Forum Moderators: Robert Charlton & goodroi
In particular in relation to potential duplicate contents/ links. Even though every page will be index but the nofollow will prevent link votes to potential pages that might be duplicates. Am I right in my thinking.
For instances, Knol uses it but to what aim..Ok spammers but Knol might run into Duplicate issues as well won't they? Because if two or three authors writes about the same thing/topic going forward in few years won't duplicate issue come up?
Please advise.
The specific combination you are referring to - index, nofollow - is used in cases where the author wants the page indexed, but does not want any outbound links weighed in on. This means that all outbound links from that page provide no ranking weight. In the case where the article links to a specific article on the author's website where the content is duplicated, then the tag may help the article directory stand a good chance of ranking for that specific article. However, there are many other metrics that take place in that assessment including the article directory ranking, inbound links, direct inbound links to the specific article, and more.
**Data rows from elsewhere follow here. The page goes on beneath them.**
//! Primitives with their parameters: whether they are lawful, and what they flash.
ghost use Rattle.std.specs.Prelude.{◌≡◌, ◌≢◌, ◌*◌, ◌^◌, ◌<◌, ◌≤◌, false, true, IfOk, None, Ok, Some, length, map};
ghost use Rattle.planar.specs.Plane.{IsPlaced, IsReachable};
ghost use Rattle.contact.specs.declared.TheConstants.{MOST_DIAMETER};
ghost use Rattle.area_contact.specs.Contour.{IsClosed};
ghost use Rattle.board_shapes.specs.Rectangles.{rectangle};
ghost use Rattle.aperture_macros.specs.Flashes as flashes;
ghost use Rattle.aperture_macros.specs.Images as spec;
ghost use Rattle.aperture_macros.specs.declared.primitive.Rotation.{Rotation as Turned};
ghost use Rattle.planar.specs.declared.Spot.{Spot as At};
ghost use Rattle.aperture_macros.specs.Seen.{IsMade, Makes, is_circle, plain};
ghost use Rattle.aperture_macros.specs.Sketches.{IsNear, is_disc};

use crate::body_word::part;
use crate::degrees::{Turn, read_turn};
use crate::fault::{FigureFault, MacroFault};
use crate::fine::{fine, is_stiff};
use crate::images::{Sketch, centre_line, circle, line, polygon};
use crate::outline::{Outline, area_of};
use crate::placing::Placing;
use crate::primitive::{Copper, Form, Primitive, Rotation, Turning};
use board_shapes::{Shape, rectangle};
use contact::Capsule;
use lengths::decimal::{Decimal, Unit};
use planar::{Spot, is_placed};
use std::alloc::Global;

impl<'a> Primitive<'a> {
    /// Whether the primitive is lawful with the parameters of an aperture definition, `$1` first, in
    /// their unit. It takes no memory.
    ///
    /// First come the lengths in the order written, each term or factor in turn with its `OffGrid` and its
    /// `OutOfRange`, and then the length itself. Then comes `BadMacro`, where an outline's last point
    /// is not its first, or of a vector line along no axis `Slanted`, where copper is `Exact`, and else
    /// `OutOfRange`, where it is wider than `MOST_DIAMETER`. A circle, a vector line or a centre line of `Real` copper for which
    /// that is `OffGrid` is judged anew with sizes that may be odd, and a circle or a vector line then is at most `MOST_DIAMETER`
    /// wide. Then, where it is turned by degrees, the rotation, as a length is judged with degrees for mm, and `Turn`, where a
    /// vector line along no axis, or what was judged anew and flashes anything but a disc about the origin, is turned by no
    /// quarter turns.
    pub fn judge(
        &self,
        copper: Copper,
        parameters: &[Decimal],
        unit: Unit,
    ) -> Result<(), MacroFault>
        ensures { result ≡ flashes.judged copper (plain self.now) parameters.now unit }
    {
        if self.is_fine(parameters, unit) {
            self.judge_fine(parameters, unit)
        } else {
            self.judge_plain(copper, parameters, unit)
        }
    }

    // The same of one that is not fine.
    fn judge_plain(
        &self,
        copper: Copper,
        parameters: &[Decimal],
        unit: Unit,
    ) -> Result<(), MacroFault>
        ensures { result ≡ flashes.plainly_judged copper (plain self.now) parameters.now unit }
    {
        self.has_figure(copper, parameters, unit)?;
        self.judge_turn(parameters, unit)
    }

    // The same of a fine one.
    #[tactic(auto, unfolding(crate::specs::Flashes::fine_judged))]
    fn judge_fine(&self, parameters: &[Decimal], unit: Unit) -> Result<(), MacroFault>
        ensures { result ≡ flashes.fine_judged self.now.form self.now.lengths.now parameters.now unit }
    {
        let fine = fine(self.form, self.lengths, parameters, unit)?;
        let turn = self.turn(parameters)?;
        if turn.rest > 0 && is_stiff(fine) {
            Err(MacroFault::Turn)
        } else {
            Ok(())
        }
    }

    /// Whether the primitive has an image with these parameters where copper is taken exactly, and `judge` finds no fault. One that is
    /// turned by degrees counts as one that has.
    #[tactic(auto, unfolding(crate::specs::Flashes::figure_turned, crate::specs::Flashes::is_fine, crate::specs::Flashes::turn_judged))]
    pub fn has_image(
        &self,
        copper: Copper,
        parameters: &[Decimal],
        unit: Unit,
    ) -> Result<bool, MacroFault>
        ensures lawful { spec.is_done result ≡ flashes.judged copper (plain self.now) parameters.now unit }
        ensures blank { IfOk result (λ has. has ≡ false → flashes.IsBlank (plain self.now) parameters.now unit) }
        ensures image { IfOk result (λ has. has ≡ true → flashes.HasImage (plain self.now) parameters.now unit) }
    {
        match self.rotation {
            Turning::Quarters(_) => self.has_figure(copper, parameters, unit),
            Turning::Degrees => {
                self.judge(copper, parameters, unit)?;
                Ok(true)
            },
        }
    }

    // Whether it is judged as a fine one.
    #[tactic(auto, unfolding(crate::specs::Flashes::is_fine))]
    pub fn is_fine(&self, parameters: &[Decimal], unit: Unit) -> bool
        ensures { result ≡ flashes.is_fine self.now.rotation self.now.form self.now.lengths.now parameters.now unit }
    {
        match self.rotation {
            Turning::Quarters(_) => false,
            Turning::Degrees => match self.form {
                Form::Circle => is_off_grid(circle(self.lengths, parameters, unit)),
                Form::VectorLine => {
                    is_off_grid(line(Copper::Real, self.lengths, parameters, unit))
                },
                Form::CentreLine => is_off_grid(centre_line(self.lengths, parameters, unit)),
                Form::Outline(_) => false,
                Form::Polygon(_) => false,
            },
        }
    }

    // Whether its lengths give a figure.
    #[tactic(auto, unfolding(crate::specs::Images::judged_by, crate::specs::Images::figure_by, crate::specs::Images::sketch_at))]
    fn has_figure(
        &self,
        copper: Copper,
        parameters: &[Decimal],
        unit: Unit,
    ) -> Result<bool, MacroFault>
        ensures lawful { spec.is_done result ≡ spec.judged_by copper self.now.form self.now.lengths.now parameters.now unit }
        ensures blank { IfOk result (λ has. has ≡ false → (turned : Turned) (at : At) → spec.figure_by self.now.form turned self.now.lengths.now parameters.now unit at ≡ Ok None) }
        ensures image { IfOk result (λ has. has ≡ true → (turned : Turned) (at : At) → spec.figure_by self.now.form turned self.now.lengths.now parameters.now unit at ≢ Ok None) }
    {
        match self.form {
            Form::Circle => Ok(circle(self.lengths, parameters, unit)?.is_some()),
            Form::Outline(edges) => {
                let outline = Outline {
                    edges,
                    text: self.lengths,
                    parameters,
                    unit,
                };
                match outline.judge() {
                    Ok(()) => Ok(true),
                    Err(fault) => Err(fault),
                }
            },
            Form::VectorLine => Ok(line(copper, self.lengths, parameters, unit)?.is_some()),
            Form::CentreLine => Ok(centre_line(self.lengths, parameters, unit)?.is_some()),
            Form::Polygon(n) => Ok(polygon(n, self.lengths, parameters, unit)?.is_some()),
        }
    }

    // Whether it is turned as it may be.
    #[tactic(auto, unfolding(crate::specs::Flashes::turn_judged))]
    fn judge_turn(&self, parameters: &[Decimal], unit: Unit) -> Result<(), MacroFault>
        ensures { result ≡ flashes.turn_judged self.now.rotation self.now.form self.now.lengths.now parameters.now unit }
    {
        match self.rotation {
            Turning::Quarters(_) => Ok(()),
            Turning::Degrees => {
                let turn = self.turn(parameters)?;
                if turn.rest > 0 && self.needs_quarters(parameters, unit) {
                    Err(MacroFault::Turn)
                } else {
                    Ok(())
                }
            },
        }
    }

    // The turn that the expression behind the lengths says.
    fn turn(&self, parameters: &[Decimal]) -> Result<Turn, MacroFault>
        ensures value { result ≡ flashes.turn_behind self.now.form self.now.lengths.now parameters.now }
        ensures below { IfOk result (λ turn. turn.rest < 900000000) }
    {
        read_turn(part(self.form.row().count(), self.lengths), parameters)
    }

    // Whether other turns than quarter turns would slant its stroke.
    #[tactic(auto, unfolding(crate::specs::Flashes::needs_quarters))]
    fn needs_quarters(&self, parameters: &[Decimal], unit: Unit) -> bool
        ensures { result ≡ flashes.needs_quarters self.now.form self.now.lengths.now parameters.now unit }
    {
        match self.form {
            Form::VectorLine => is_slanted(line(Copper::Real, self.lengths, parameters, unit)),
            Form::Circle => false,
            Form::Outline(_) => false,
            Form::CentreLine => false,
            Form::Polygon(_) => false,
        }
    }

    /// What the primitive flashes at a spot within 1 m of 0 where copper is taken exactly, with the parameters of an aperture
    /// definition in their unit (Gerber Layer Format Specification, 4.5.1): its figure about the origin of the macro, turned
    /// counterclockwise about it and moved to the spot. `None` stands exactly where a diameter, a width, a height or the length of a
    /// vector line is 0. For a vector line along no axis stands its stroke: the places at most half its width from the segment between
    /// its ends.
    ///
    /// `Turn` comes of one that is turned by degrees, then the fault of the lengths, `BadMacro` of a polygon, then `OutOfRange`, where
    /// the centre of a circle, a corner or an end is over 1 m from 0 in x or y. `NoMemory` comes for areas alone: a circle takes no
    /// memory.
    #[tactic(auto, unfolding(crate::specs::Flashes::figure_turned))]
    pub fn figure(
        &self,
        alloc: Global,
        parameters: &[Decimal],
        unit: Unit,
        at: Spot,
    ) -> Result<Option<Shape>, FigureFault>
        requires placed { IsPlaced at }
        ensures shape { Makes result (flashes.figure_at (plain self.now) parameters.now unit at) }
        ensures no_memory { is_circle self.now.form ≡ true → IsMade result (flashes.figure_at (plain self.now) parameters.now unit at) }
    {
        match self.rotation {
            Turning::Quarters(rotation) => self.figure_by(alloc, parameters, unit, rotation, at),
            Turning::Degrees => Err(FigureFault::Macro(MacroFault::Turn)),
        }
    }

    // The figure turned by quarter turns.
    #[tactic(auto, unfolding(crate::specs::Images::figure_by))]
    fn figure_by(
        &self,
        alloc: Global,
        parameters: &[Decimal],
        unit: Unit,
        rotation: Rotation,
        at: Spot,
    ) -> Result<Option<Shape>, FigureFault>
        requires placed { IsPlaced at }
        ensures shape { Makes result (spec.figure_by self.now.form rotation self.now.lengths.now parameters.now unit at) }
        ensures no_memory { is_circle self.now.form ≡ true → IsMade result (spec.figure_by self.now.form rotation self.now.lengths.now parameters.now unit at) }
    {
        let by = Placing { rotation, at };
        match self.form {
            Form::Circle => set_down(alloc, by, circle(self.lengths, parameters, unit)),
            Form::Outline(edges) => Outline {
                edges,
                text: self.lengths,
                parameters,
                unit,
            }
            .figure(alloc, by),
            Form::VectorLine => set_down(
                alloc,
                by,
                line(Copper::Real, self.lengths, parameters, unit),
            ),
            Form::CentreLine => set_down(alloc, by, centre_line(self.lengths, parameters, unit)),
            Form::Polygon(n) => set_down(alloc, by, polygon(n, self.lengths, parameters, unit)),
        }
    }
}

// Whether there is none, since a length is off the grid.
fn is_off_grid(sketch: Result<Option<Sketch>, MacroFault>) -> bool
    ensures { result ≡ flashes.is_off_grid sketch }
{
    match sketch {
        Err(MacroFault::OffGrid) => true,
        _ => false,
    }
}

// Whether another turn than quarter turns would slant it: a stroke.
fn is_slanted(sketch: Result<Option<Sketch>, MacroFault>) -> bool
    ensures { result ≡ flashes.is_slanted sketch }
{
    match sketch {
        Ok(Some(Sketch::Stroke(_, _, _))) => true,
        Ok(Some(Sketch::Disc(_, _))) => false,
        Ok(Some(Sketch::Rectangle(_, _))) => false,
        Ok(Some(Sketch::Regular(_, _, _))) => false,
        Ok(None) => false,
        Err(_) => false,
    }
}

// A figure about the origin, set down.
#[tactic(auto, unfolding(crate::specs::Images::sketch_at))]
fn set_down(
    alloc: Global,
    by: Placing,
    sketch: Result<Option<Sketch>, MacroFault>,
) -> Result<Option<Shape>, FigureFault>
    requires near { IfOk sketch IsNear }
    ensures shape { Makes result (spec.sketched by.rotation by.at sketch) }
    ensures no_memory { IfOk sketch (λ found. is_disc found ≡ true) → IsMade result (spec.sketched by.rotation by.at sketch) }
{
    match sketch {
        Err(fault) => Err(FigureFault::Macro(fault)),
        Ok(None) => Ok(None),
        Ok(Some(Sketch::Disc(p, d))) => disc(by.moved(p), d),
        Ok(Some(Sketch::Rectangle(low, high))) => area(alloc, by, low, high),
        Ok(Some(Sketch::Stroke(p, q, w))) => stroke(by.moved(p), by.moved(q), w),
        Ok(Some(Sketch::Regular(_, _, _))) => Err(FigureFault::Macro(MacroFault::BadMacro)),
    }
}

fn disc(p: Spot, d: u64) -> Result<Option<Shape>, FigureFault>
    requires small { d ≤ MOST_DIAMETER }
    ensures { IsMade result (spec.disc_at p d) }
{
    if !is_placed(p) {
        return Err(FigureFault::Macro(MacroFault::OutOfRange));
    }
    Ok(Some(Shape::Round(Capsule::new(p, p, (d / 2) as i64))))
}

fn stroke(p: Spot, q: Spot, w: u64) -> Result<Option<Shape>, FigureFault>
    requires narrow { w ≤ MOST_DIAMETER }
    ensures { IsMade result (spec.stroke_at p q w) }
{
    if !(is_placed(p) && is_placed(q)) {
        return Err(FigureFault::Macro(MacroFault::OutOfRange));
    }
    Ok(Some(Shape::Round(Capsule::new(p, q, (w / 2) as i64))))
}

// The area of a rectangle.
fn area(alloc: Global, by: Placing, low: Spot, high: Spot) -> Result<Option<Shape>, FigureFault>
    requires low { IsReachable low }
    requires high { IsReachable high }
    ensures { Makes result (spec.area_at (map (spec.set_down by.rotation by.at) (rectangle low high))) }
{
    area_of(alloc, corners(by, low, high).as_slice())
}

// The contour of a rectangle, each corner set down.
fn corners(by: Placing, low: Spot, high: Spot) -> [Spot; 5]
    requires low { IsReachable low }
    requires high { IsReachable high }
    ensures value { result ≡ map (spec.set_down by.rotation by.at) (rectangle low high) }
    ensures closed { IsClosed result }
    ensures five { length result ≡ 5 }
{
    let [first, second, third, fourth, _] = rectangle(low, high);
    let start = by.moved(first);
    [
        start,
        by.moved(second),
        by.moved(third),
        by.moved(fourth),
        start,
    ]
}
If the article directory is user-driven, my sense is that for the webmaster / owner of the website you are referring to, adding the nofollow attribute to the meta tag prevents the article from passing any weight to the authors' website, lowering the number of outbound links and preserving more pagerank.
Knol uses this combination simply because of spam - if you prevent the value of those outbound links as a ranking property, then you effectively reduce the overall amount of spammy articles submitted. This is seen quite often in blogs, for the same reason.
Knol may or may not run into duplicate content issue, but this would be based on a page assessment by Google of the content submitted, and not the attribute of links on that page. Google will compare the text and characteristics of the page at Knol versus any other page to determine if any other page crosses the threshold of what is determined to be a trigger for duplicate content.